[Collected data]
Segment Open
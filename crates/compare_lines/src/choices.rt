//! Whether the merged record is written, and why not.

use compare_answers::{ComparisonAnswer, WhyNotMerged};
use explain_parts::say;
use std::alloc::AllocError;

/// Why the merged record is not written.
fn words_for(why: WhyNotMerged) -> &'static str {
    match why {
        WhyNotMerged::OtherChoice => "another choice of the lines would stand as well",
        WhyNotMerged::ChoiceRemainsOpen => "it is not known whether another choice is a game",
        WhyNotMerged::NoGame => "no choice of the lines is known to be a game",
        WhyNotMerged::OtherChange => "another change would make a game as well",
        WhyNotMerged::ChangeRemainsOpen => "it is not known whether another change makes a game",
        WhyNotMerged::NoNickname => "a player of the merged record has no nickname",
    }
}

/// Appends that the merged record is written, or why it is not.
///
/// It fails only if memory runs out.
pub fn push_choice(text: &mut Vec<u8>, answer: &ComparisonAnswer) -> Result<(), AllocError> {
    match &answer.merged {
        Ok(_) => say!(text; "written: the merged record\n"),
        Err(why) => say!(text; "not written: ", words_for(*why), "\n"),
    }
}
Segment Closed
Segment Open
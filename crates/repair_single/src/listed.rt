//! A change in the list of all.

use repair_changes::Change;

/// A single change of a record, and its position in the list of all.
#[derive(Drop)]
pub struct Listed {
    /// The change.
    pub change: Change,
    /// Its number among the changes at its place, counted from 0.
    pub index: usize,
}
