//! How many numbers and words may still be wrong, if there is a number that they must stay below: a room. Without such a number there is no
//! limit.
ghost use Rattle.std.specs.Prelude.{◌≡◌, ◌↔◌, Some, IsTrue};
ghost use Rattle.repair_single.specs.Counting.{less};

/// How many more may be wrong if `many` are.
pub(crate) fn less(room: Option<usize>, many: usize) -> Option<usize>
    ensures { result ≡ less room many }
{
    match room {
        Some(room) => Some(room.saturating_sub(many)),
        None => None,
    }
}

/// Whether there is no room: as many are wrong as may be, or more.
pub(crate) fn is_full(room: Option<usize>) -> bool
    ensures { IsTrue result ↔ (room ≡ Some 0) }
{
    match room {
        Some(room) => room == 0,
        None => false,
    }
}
Segment Closed
TASK DESCRIPTION:
Copy every line of the data where "that" is found.

EXERCISE SOLUTION:
/// Appends that the merged record is written, or why it is not.
//! How many numbers and words may still be wrong, if there is a number that they must stay below: a room. Without such a number there is no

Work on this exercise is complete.